Novel ini memang Sayembara Novel DKJ 2010. Biasanya naskah yang menang, naik cetak tak lama berselang dari tahun penyelenggaraan. Entah cetakan mulanya di mana, di sini hanya dicantum dicetak kembali pada Maret 2017. Walau bukan jaminan pemenang DKJ bakal memuaskan pembaca, tapi setidaknya ada saringan handal para panitia. Dan kali ini sepakat, ini buku bagus. Mungkin sedikit dibawah Tango, yang benar-benar matang dan menghentak. Namun jelas, karya-karya Ramayda laik dinanti. Dua buku memuaskan jelas bukti sahih, dia salah satu penulis lokal paling handal.

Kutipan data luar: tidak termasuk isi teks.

ghost use Rattle.std.specs.Prelude.{◌≡◌, ◌-◌, ◌^◌, map, option_and_then, IfOk};
ghost use Rattle.std.specs.Option.{option_copied};
ghost use Rattle.conf_shape.specs.declared.kinds.TheConstants.{MOST_PORT_NO, MOST_VID};
ghost use Rattle.conf_shape.specs.Scalars.{within};
ghost use Rattle.conf_shape.specs.Keys.{seen_default};
ghost use Rattle.yaml_tree.specs.declared.tree.Tree.{Tree};
ghost use Rattle.yaml_tree.specs.declared.tree.Pair.{Pair};
ghost use Rattle.conf_shape.specs.Reads.{value_at, flag_of, permission_of, number_of, text_of, words_of, items_of, entries_of, one_or_list_of, words_at, entries_at, option_at, list_at, one_or_list_at, number_under, default_of, default_flag, default_number, default_text, flag_at, permission_at, number_at, text_at, label_of, port_of, vlan_of, own_number};

use crate::keys::{is_key, row_at};
use crate::kinds::{DefaultValue, MOST_PORT_NO, MOST_VID, MapKind};
use crate::raw::{OneOrList, VlanRef};
use crate::scalars::within;
use crate::tables::table_of;
use conf_types::PortRef;
use net_base::{Items, NoMemory, PortNo, Text, Vid};
use std::alloc::Global;
use yaml_tree::{Key, Pair, Tree};

/// What stands under a key that is a text.
pub fn value_at<'a>(pairs: &'a [Pair], name: &str) -> Option<&'a Tree>
    ensures { option_copied result ≡ value_at name.now pairs.now }
{
    for pair in pairs {
        if is_key(name, &pair.key) {
            return Some(&pair.value);
        }
    }
    None
}

fn as_flag(tree: &Tree) -> Option<bool>
    ensures { result ≡ flag_of tree.now }
{
    match tree {
        Tree::Bool(flag) => Some(*flag),
        _ => None,
    }
}

/// A flag, or 1 or 0.
fn as_permission(tree: &Tree) -> Option<bool>
    ensures { result ≡ permission_of tree.now }
{
    match tree {
        Tree::Bool(flag) => Some(*flag),
        Tree::Int(n) => match within(0, 1, *n) {
            Some(n) => Some(n == 1),
            None => None,
        },
        _ => None,
    }
}

/// A whole number from `low` to `high`.
fn as_number(tree: &Tree, low: u64, high: u64) -> Option<u64>
    ensures { result ≡ number_of low high tree.now }
{
    match tree {
        Tree::Int(n) => within(low, high, *n),
        _ => None,
    }
}

/// A whole number of 16 bits.
fn as_u16(tree: &Tree) -> Option<u16>
    ensures { result ≡ number_of 0 (2 ^ 16 - 1) tree.now }
{
    u16::try_from(as_number(tree, 0, 0xffff)?).ok()
}

/// A whole number of 32 bits.
fn as_u32(tree: &Tree) -> Option<u32>
    ensures { result ≡ number_of 0 (2 ^ 32 - 1) tree.now }
{
    u32::try_from(as_number(tree, 0, 0xffff_ffff)?).ok()
}

fn as_text(tree: &Tree) -> Option<&str>
    ensures { option_copied result ≡ text_of tree.now }
{
    match tree {
        Tree::Text(text) => Some(text.as_str()),
        _ => None,
    }
}

/// The text, or an empty one.
pub fn as_words(tree: &Tree) -> &str
    ensures { result.now ≡ words_of tree.now }
{
    match as_text(tree) {
        Some(text) => text,
        None => "",
    }
}

/// The items of a list; none of anything else.
pub fn as_items(tree: &Tree) -> &[Tree]
    ensures { result.now ≡ items_of tree.now }
{
    match tree {
        Tree::List(items) => items.as_slice(),
        _ => &[],
    }
}

/// The entries of a map; none of anything else.
pub fn as_entries(tree: &Tree) -> &[Pair]
    ensures { result.now ≡ entries_of tree.now }
{
    match tree {
        Tree::Map(pairs) => pairs.as_slice(),
        _ => &[],
    }
}

/// What stands where a key isn't given.
#[tactic(auto, unfolding(crate::specs::Reads::default_of))]
fn default_of(map: MapKind, name: &str) -> DefaultValue
    ensures { seen_default result ≡ default_of map name.now }
{
    match row_at(name, table_of(map).rows) {
        Some(row) => row.default,
        None => DefaultValue::Nothing,
    }
}

fn default_flag(default: DefaultValue) -> bool
    ensures { result ≡ default_flag (seen_default default) }
{
    matches!(default, DefaultValue::On)
}

fn default_number(default: DefaultValue) -> u32
    ensures { result ≡ default_number (seen_default default) }
{
    match default {
        DefaultValue::Count(n) => n,
        _ => 0,
    }
}

fn default_text<'a>(own: &'a str, default: DefaultValue) -> &'a str
    ensures { result.now ≡ default_text own.now (seen_default default) }
{
    match default {
        DefaultValue::Spelled(text) => text,
        DefaultValue::OwnKey | DefaultValue::OwnName => own,
        _ => "",
    }
}

/// The text under a key, or an empty one.
pub fn words_at<'a>(pairs: &'a [Pair], name: &str) -> &'a str
    ensures { result.now ≡ words_at name.now pairs.now }
{
    match value_at(pairs, name) {
        Some(tree) => as_words(tree),
        None => "",
    }
}

/// The entries of the map under a key.
pub fn entries_at<'a>(pairs: &'a [Pair], name: &str) -> &'a [Pair]
    ensures { result.now ≡ entries_at name.now pairs.now }
{
    match value_at(pairs, name) {
        Some(tree) => as_entries(tree),
        None => &[],
    }
}

fn given_flag(pairs: &[Pair], name: &str) -> Option<bool>
    ensures { result ≡ option_and_then flag_of (value_at name.now pairs.now) }
{
    as_flag(value_at(pairs, name)?)
}

/// The flag under a key, or its default.
pub fn flag_at(map: MapKind, pairs: &[Pair], name: &str) -> bool
    ensures { result ≡ flag_at map name.now pairs.now }
{
    match given_flag(pairs, name) {
        Some(flag) => flag,
        None => default_flag(default_of(map, name)),
    }
}

fn given_permission(pairs: &[Pair], name: &str) -> Option<bool>
    ensures { result ≡ option_and_then permission_of (value_at name.now pairs.now) }
{
    as_permission(value_at(pairs, name)?)
}

/// The permission under a key, or its default.
pub fn permission_at(map: MapKind, pairs: &[Pair], name: &str) -> bool
    ensures { result ≡ permission_at map name.now pairs.now }
{
    match given_permission(pairs, name) {
        Some(flag) => flag,
        None => default_flag(default_of(map, name)),
    }
}

/// The whole number of 64 bits under a key.
pub fn u64_under(pairs: &[Pair], name: &str) -> Option<u64>
    ensures { result ≡ number_under 64 name.now pairs.now }
{
    as_number(value_at(pairs, name)?, 0, u64::MAX)
}

/// The whole number of 32 bits under a key.
pub fn u32_under(pairs: &[Pair], name: &str) -> Option<u32>
    ensures { result ≡ number_under 32 name.now pairs.now }
{
    as_u32(value_at(pairs, name)?)
}

/// The whole number of 16 bits under a key.
pub fn u16_under(pairs: &[Pair], name: &str) -> Option<u16>
    ensures { result ≡ number_under 16 name.now pairs.now }
{
    as_u16(value_at(pairs, name)?)
}

/// The number under a key, or its default.
pub fn number_at(map: MapKind, pairs: &[Pair], name: &str) -> u32
    ensures { result ≡ number_at map name.now pairs.now }
{
    match u32_under(pairs, name) {
        Some(n) => n,
        None => default_number(default_of(map, name)),
    }
}

fn given_text<'a>(pairs: &'a [Pair], name: &str) -> Option<&'a str>
    ensures { option_copied result ≡ option_and_then text_of (value_at name.now pairs.now) }
{
    as_text(value_at(pairs, name)?)
}

/// The text under a key, or its default; `own` is what stands for the map's own key or name, where
/// that is the default.
pub fn text_at<'a>(map: MapKind, pairs: &'a [Pair], name: &str, own: &'a str) -> &'a str
    ensures { result.now ≡ text_at map name.now own.now pairs.now }
{
    match given_text(pairs, name) {
        Some(text) => text,
        None => default_text(own, default_of(map, name)),
    }
}

/// What is read from a tree of the right shape.
pub trait Read {
    /// What a tree gives.
    ghost given_by: { Tree → Self };

    fn read(alloc: Global, tree: &Tree) -> Result<Self, NoMemory>
        ensures { IfOk result (λ made. made ≡ given_by tree.now) };
}

/// What each tree gives, in order.
pub fn read_all<T: Read + Drop>(alloc: Global, trees: &[Tree]) -> Result<Items<T>, NoMemory>
    ensures { IfOk result (λ made. made ≡ map T.given_by trees.now) }
{
    let mut made = Items::new(alloc);
    for tree in trees {
        made.push(T::read(alloc, tree)?)?;
    }
    Ok(made)
}

/// What stands under a key, where it is given.
pub fn option_at<T: Read>(alloc: Global, pairs: &[Pair], name: &str) -> Result<Option<T>, NoMemory>
    ensures { IfOk result (λ made. made ≡ option_at T.given_by name.now pairs.now) }
{
    match value_at(pairs, name) {
        Some(tree) => Ok(Some(T::read(alloc, tree)?)),
        None => Ok(None),
    }
}

/// The items of the list under a key.
pub fn list_at<T: Read + Drop>(
    alloc: Global,
    pairs: &[Pair],
    name: &str,
) -> Result<Items<T>, NoMemory>
    ensures { IfOk result (λ made. made ≡ list_at T.given_by name.now pairs.now) }
{
    match value_at(pairs, name) {
        Some(tree) => read_all(alloc, as_items(tree)),
        None => Ok(Items::new(alloc)),
    }
}

fn one_or_list<T: Read + Drop>(alloc: Global, tree: &Tree) -> Result<OneOrList<T>, NoMemory>
    ensures { IfOk result (λ made. made ≡ one_or_list_of T.given_by tree.now) }
{
    match tree {
        Tree::List(items) => Ok(OneOrList::List(read_all(alloc, items.as_slice())?)),
        _ => Ok(OneOrList::One(T::read(alloc, tree)?)),
    }
}

/// What stands under a key, alone or as a list.
pub fn one_or_list_at<T: Read + Drop>(
    alloc: Global,
    pairs: &[Pair],
    name: &str,
) -> Result<OneOrList<T>, NoMemory>
    ensures { IfOk result (λ made. made ≡ one_or_list_at T.given_by name.now pairs.now) }
{
    match value_at(pairs, name) {
        Some(tree) => one_or_list(alloc, tree),
        None => Ok(OneOrList::List(Items::new(alloc))),
    }
}

/// What is read from an entry of a map.
pub trait ReadEntry {
    /// What an entry gives.
    ghost given_by: { Pair → Self };

    fn read(alloc: Global, pair: &Pair) -> Result<Self, NoMemory>
        ensures { IfOk result (λ made. made ≡ given_by pair.now) };
}

/// What each entry of a map gives, in order.
pub fn read_entries<T: ReadEntry + Drop>(
    alloc: Global,
    pairs: &[Pair],
) -> Result<Items<T>, NoMemory>
    ensures { IfOk result (λ made. made ≡ map T.given_by pairs.now) }
{
    let mut made = Items::new(alloc);
    for pair in pairs {
        made.push(T::read(alloc, pair)?)?;
    }
    Ok(made)
}

/// The items of a list.
impl<T: Read + Drop> Read for Items<T> {
    ghost given_by = { λ tree. map T.given_by (items_of tree) };

    fn read(alloc: Global, tree: &Tree) -> Result<Items<T>, NoMemory> {
        read_all(alloc, as_items(tree))
    }
}

/// The name of an ACL: a whole number stands for its digits.
impl Read for Text {
    ghost given_by = { label_of };

    fn read(alloc: Global, tree: &Tree) -> Result<Text, NoMemory> {
        match tree {
            Tree::Text(text) => Text::from_str(alloc, text.as_str()),
            Tree::Int(n) => {
                let digits = n.to_string(alloc)?;
                Text::from_str(alloc, digits.as_str())
            }
            _ => Ok(Text::new(alloc)),
        }
    }
}

/// The port with a number in its range.
fn port_no(n: i128) -> Option<PortNo>
    ensures { result ≡ within 1 MOST_PORT_NO n }
{
    PortNo::new(u32::try_from(within(1, MOST_PORT_NO, n)?).ok()?)
}

/// The VLAN identifier with a number in its range.
fn vid(n: i128) -> Option<Vid>
    ensures { result ≡ within 1 MOST_VID n }
{
    Vid::new(u16::try_from(within(1, MOST_VID, n)?).ok()?)
}

fn as_port_no(tree: &Tree) -> Option<PortNo>
    ensures { result ≡ number_of 1 MOST_PORT_NO tree.now }
{
    match tree {
        Tree::Int(n) => port_no(*n),
        _ => None,
    }
}

fn as_vid(tree: &Tree) -> Option<Vid>
    ensures { result ≡ number_of 1 MOST_VID tree.now }
{
    match tree {
        Tree::Int(n) => vid(*n),
        _ => None,
    }
}

/// The number of an interface: its own key, or what it gives where that is a name.
pub fn own_port_no(key: &Key, given: Option<&Tree>) -> Option<PortNo>
    ensures { result ≡ own_number 1 MOST_PORT_NO key.now (option_copied given.entry) }
{
    match key {
        Key::Int(n) => port_no(*n),
        Key::Text(_) => as_port_no(given?),
    }
}

/// The number of a VLAN: its own key, or what it gives where that is a name.
pub fn own_vid(key: &Key, given: Option<&Tree>) -> Option<Vid>
    ensures { result ≡ own_number 1 MOST_VID key.now (option_copied given.entry) }
{
    match key {
        Key::Int(n) => vid(*n),
        Key::Text(_) => as_vid(given?),
    }
}

impl Read for PortRef {
    ghost given_by = { port_of };

    fn read(alloc: Global, tree: &Tree) -> Result<PortRef, NoMemory> {
        if let Some(no) = as_port_no(tree) {
            return Ok(PortRef::No(no));
        }
        let name: Text = Read::read(alloc, tree)?;
        Ok(PortRef::Name(name))
    }
}

impl Read for VlanRef {
    ghost given_by = { vlan_of };

    fn read(alloc: Global, tree: &Tree) -> Result<VlanRef, NoMemory> {
        if let Some(vid) = as_vid(tree) {
            return Ok(VlanRef::Vid(vid));
        }
        let name: Text = Read::read(alloc, tree)?;
        Ok(VlanRef::Name(name))
    }
}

Catatan kututup dengan nada sentimental. Dulu awal-awal merantau saya merasakan kegetiran perpisahan. Dengan orangtua, dengan saudara, dengan orang-orang terkasih. Dan tentu juga desa kecilku di Palur. Mengingat itu mencipta anak sungai air mata. Masa muda yang takkan kembali. Namun, pemuda memang pantasnya merantau, menemui banyak petualang. Maka pas sekali kalimat ini saya kutip, “Kenikmatan perpisahan justru ada pada ketidakrelaan kita untuk pergi.”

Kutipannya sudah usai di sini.